▶ Supplied material:
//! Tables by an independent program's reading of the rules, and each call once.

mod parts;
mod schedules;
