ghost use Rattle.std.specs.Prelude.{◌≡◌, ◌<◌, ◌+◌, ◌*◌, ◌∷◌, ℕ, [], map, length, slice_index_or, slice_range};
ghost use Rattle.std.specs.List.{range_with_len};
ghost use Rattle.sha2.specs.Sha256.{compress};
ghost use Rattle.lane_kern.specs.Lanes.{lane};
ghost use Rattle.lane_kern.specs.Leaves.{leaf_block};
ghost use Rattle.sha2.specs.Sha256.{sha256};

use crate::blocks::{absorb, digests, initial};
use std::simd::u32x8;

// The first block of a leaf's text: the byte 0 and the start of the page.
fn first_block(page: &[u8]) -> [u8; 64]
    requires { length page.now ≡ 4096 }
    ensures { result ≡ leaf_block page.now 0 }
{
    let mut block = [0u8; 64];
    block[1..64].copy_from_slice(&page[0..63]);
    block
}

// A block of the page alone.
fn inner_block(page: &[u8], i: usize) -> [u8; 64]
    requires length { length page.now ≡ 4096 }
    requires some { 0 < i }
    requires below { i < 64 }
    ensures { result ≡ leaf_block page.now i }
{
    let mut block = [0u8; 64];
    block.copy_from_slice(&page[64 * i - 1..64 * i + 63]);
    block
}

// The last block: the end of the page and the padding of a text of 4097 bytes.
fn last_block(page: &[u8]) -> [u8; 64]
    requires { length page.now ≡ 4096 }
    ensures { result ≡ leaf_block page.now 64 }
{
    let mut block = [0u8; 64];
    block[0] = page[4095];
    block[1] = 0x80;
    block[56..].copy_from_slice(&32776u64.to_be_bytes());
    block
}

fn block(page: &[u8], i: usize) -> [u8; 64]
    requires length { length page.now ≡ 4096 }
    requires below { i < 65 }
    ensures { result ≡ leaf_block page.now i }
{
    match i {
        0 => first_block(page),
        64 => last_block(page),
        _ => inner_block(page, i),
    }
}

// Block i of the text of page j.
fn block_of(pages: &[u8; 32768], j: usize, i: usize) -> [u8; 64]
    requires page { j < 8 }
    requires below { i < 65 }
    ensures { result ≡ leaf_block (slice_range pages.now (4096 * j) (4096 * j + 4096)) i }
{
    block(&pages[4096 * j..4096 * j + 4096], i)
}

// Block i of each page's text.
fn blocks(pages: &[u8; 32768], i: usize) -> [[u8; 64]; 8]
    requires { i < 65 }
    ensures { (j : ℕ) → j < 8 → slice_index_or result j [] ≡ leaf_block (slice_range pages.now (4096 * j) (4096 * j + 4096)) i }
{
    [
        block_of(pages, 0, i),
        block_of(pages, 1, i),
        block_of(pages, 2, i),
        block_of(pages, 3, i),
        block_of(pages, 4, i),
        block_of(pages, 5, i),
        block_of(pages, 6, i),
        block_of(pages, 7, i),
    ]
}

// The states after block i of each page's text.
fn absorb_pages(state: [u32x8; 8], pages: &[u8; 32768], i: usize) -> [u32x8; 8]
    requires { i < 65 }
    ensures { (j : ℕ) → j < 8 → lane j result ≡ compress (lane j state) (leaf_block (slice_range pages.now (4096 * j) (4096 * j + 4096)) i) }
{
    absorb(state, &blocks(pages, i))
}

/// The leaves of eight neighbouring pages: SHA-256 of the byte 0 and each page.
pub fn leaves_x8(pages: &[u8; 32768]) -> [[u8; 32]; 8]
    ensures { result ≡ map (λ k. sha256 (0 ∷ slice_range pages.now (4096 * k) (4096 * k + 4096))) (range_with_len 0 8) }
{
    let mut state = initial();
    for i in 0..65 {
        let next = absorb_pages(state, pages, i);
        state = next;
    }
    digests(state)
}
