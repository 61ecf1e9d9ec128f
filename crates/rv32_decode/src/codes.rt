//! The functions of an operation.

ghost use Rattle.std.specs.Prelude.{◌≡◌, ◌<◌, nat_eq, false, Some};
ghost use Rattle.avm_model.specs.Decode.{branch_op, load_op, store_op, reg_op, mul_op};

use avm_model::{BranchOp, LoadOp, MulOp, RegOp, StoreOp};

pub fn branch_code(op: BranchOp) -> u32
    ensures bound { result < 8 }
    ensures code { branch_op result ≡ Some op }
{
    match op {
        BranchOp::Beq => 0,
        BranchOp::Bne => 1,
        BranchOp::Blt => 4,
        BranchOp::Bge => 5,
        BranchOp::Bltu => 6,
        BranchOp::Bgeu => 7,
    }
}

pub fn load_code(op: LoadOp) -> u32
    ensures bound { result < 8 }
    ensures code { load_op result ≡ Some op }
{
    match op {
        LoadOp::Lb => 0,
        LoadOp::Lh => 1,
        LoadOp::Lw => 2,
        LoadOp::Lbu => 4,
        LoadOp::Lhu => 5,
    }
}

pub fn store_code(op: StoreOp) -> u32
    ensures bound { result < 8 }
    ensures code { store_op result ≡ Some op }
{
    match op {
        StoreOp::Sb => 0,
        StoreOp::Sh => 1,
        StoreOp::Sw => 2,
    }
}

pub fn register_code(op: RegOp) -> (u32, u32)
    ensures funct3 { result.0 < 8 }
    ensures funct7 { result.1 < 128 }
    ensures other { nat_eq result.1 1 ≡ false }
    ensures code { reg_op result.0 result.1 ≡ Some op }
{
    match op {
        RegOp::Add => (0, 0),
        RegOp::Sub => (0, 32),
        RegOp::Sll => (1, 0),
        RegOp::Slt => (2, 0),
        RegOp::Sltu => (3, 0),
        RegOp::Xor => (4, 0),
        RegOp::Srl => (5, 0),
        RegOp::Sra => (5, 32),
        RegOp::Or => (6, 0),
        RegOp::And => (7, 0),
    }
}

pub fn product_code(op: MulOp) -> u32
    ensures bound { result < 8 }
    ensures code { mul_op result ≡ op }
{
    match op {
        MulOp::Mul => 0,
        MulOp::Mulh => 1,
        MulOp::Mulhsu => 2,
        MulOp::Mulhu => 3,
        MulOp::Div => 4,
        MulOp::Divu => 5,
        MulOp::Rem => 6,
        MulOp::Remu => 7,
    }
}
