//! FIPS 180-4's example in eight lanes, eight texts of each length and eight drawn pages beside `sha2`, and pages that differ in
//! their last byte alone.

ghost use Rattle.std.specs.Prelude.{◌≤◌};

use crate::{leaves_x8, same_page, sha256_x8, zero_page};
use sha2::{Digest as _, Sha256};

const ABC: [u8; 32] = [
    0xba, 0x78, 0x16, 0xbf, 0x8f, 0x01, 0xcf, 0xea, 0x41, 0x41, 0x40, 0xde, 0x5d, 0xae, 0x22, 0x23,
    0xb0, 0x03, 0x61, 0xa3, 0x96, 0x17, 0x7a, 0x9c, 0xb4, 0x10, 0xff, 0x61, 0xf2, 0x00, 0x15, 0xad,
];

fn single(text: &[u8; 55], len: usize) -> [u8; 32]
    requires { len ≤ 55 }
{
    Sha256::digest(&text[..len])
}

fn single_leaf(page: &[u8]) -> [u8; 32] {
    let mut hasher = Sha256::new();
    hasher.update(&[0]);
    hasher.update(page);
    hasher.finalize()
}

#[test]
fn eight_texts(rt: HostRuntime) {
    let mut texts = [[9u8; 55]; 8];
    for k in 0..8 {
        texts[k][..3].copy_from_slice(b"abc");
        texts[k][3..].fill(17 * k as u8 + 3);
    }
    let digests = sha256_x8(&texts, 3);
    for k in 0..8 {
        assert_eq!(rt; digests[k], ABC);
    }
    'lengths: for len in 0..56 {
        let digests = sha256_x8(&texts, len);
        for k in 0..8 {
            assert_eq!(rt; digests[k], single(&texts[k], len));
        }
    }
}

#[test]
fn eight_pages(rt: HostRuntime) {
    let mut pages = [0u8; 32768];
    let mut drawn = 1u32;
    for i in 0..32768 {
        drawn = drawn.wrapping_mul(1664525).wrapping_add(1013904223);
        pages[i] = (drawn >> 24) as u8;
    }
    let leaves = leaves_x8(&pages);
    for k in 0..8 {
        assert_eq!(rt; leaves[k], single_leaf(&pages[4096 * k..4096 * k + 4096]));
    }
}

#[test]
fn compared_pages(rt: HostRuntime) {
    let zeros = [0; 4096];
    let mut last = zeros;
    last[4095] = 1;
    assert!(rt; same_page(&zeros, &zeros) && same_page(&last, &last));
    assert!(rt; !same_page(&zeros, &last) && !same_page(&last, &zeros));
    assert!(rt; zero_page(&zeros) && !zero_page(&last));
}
---
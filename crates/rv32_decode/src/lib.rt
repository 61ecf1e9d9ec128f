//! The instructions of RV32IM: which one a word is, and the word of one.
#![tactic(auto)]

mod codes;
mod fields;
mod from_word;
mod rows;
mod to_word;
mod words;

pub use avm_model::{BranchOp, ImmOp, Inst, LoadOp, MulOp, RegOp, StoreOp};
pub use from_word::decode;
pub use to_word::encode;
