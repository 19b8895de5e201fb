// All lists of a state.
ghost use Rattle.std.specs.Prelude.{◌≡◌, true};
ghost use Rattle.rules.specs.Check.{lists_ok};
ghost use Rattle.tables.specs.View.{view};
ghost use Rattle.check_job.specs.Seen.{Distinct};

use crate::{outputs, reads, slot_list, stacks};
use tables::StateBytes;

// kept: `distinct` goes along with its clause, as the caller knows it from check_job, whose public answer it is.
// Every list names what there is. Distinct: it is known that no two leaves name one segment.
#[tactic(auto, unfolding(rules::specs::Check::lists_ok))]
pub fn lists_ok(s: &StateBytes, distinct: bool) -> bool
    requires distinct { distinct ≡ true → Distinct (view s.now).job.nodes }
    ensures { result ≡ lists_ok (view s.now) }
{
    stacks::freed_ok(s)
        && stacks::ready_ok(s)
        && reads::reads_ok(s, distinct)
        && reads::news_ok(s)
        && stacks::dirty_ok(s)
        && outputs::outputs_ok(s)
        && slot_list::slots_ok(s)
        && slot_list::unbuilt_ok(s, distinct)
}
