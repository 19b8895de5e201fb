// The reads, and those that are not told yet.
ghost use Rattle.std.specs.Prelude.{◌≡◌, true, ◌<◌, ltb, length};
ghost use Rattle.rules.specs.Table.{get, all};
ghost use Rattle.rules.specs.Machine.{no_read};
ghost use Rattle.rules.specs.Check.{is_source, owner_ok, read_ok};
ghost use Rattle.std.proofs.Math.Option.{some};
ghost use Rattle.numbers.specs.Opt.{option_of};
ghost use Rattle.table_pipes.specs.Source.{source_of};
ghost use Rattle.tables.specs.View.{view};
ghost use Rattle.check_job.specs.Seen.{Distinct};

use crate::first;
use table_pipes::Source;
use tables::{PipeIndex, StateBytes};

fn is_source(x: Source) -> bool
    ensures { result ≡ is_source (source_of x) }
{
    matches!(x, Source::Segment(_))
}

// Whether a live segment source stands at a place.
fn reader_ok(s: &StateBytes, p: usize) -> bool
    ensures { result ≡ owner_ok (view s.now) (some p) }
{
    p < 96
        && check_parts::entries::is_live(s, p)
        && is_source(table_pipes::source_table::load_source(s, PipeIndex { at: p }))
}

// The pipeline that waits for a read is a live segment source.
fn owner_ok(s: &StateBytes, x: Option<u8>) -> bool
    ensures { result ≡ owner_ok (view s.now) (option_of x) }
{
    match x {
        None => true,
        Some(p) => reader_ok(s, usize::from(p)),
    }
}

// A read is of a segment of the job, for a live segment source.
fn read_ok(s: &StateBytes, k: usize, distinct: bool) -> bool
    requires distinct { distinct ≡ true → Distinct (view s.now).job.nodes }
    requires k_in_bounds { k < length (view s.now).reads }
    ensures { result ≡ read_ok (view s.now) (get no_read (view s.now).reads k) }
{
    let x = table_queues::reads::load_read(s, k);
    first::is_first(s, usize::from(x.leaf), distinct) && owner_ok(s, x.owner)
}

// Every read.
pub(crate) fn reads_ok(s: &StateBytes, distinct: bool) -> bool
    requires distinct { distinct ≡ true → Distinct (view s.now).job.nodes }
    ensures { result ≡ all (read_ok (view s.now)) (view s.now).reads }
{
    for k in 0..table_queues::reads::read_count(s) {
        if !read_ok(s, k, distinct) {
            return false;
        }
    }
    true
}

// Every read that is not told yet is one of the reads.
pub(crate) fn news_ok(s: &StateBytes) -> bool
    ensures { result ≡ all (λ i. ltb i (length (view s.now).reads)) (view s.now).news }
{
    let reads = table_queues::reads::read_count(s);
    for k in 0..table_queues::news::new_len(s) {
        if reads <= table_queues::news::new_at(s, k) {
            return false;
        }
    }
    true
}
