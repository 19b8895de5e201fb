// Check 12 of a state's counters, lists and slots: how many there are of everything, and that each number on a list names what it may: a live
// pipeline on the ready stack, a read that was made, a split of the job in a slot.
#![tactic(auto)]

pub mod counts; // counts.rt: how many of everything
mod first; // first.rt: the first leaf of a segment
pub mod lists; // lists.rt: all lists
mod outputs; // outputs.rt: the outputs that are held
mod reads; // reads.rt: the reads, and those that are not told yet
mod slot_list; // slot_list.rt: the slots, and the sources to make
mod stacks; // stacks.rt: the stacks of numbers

▶ Exercise instructions:
Nothing but a number is needed: the count of lines above that contain "bool".

▶ Result:
7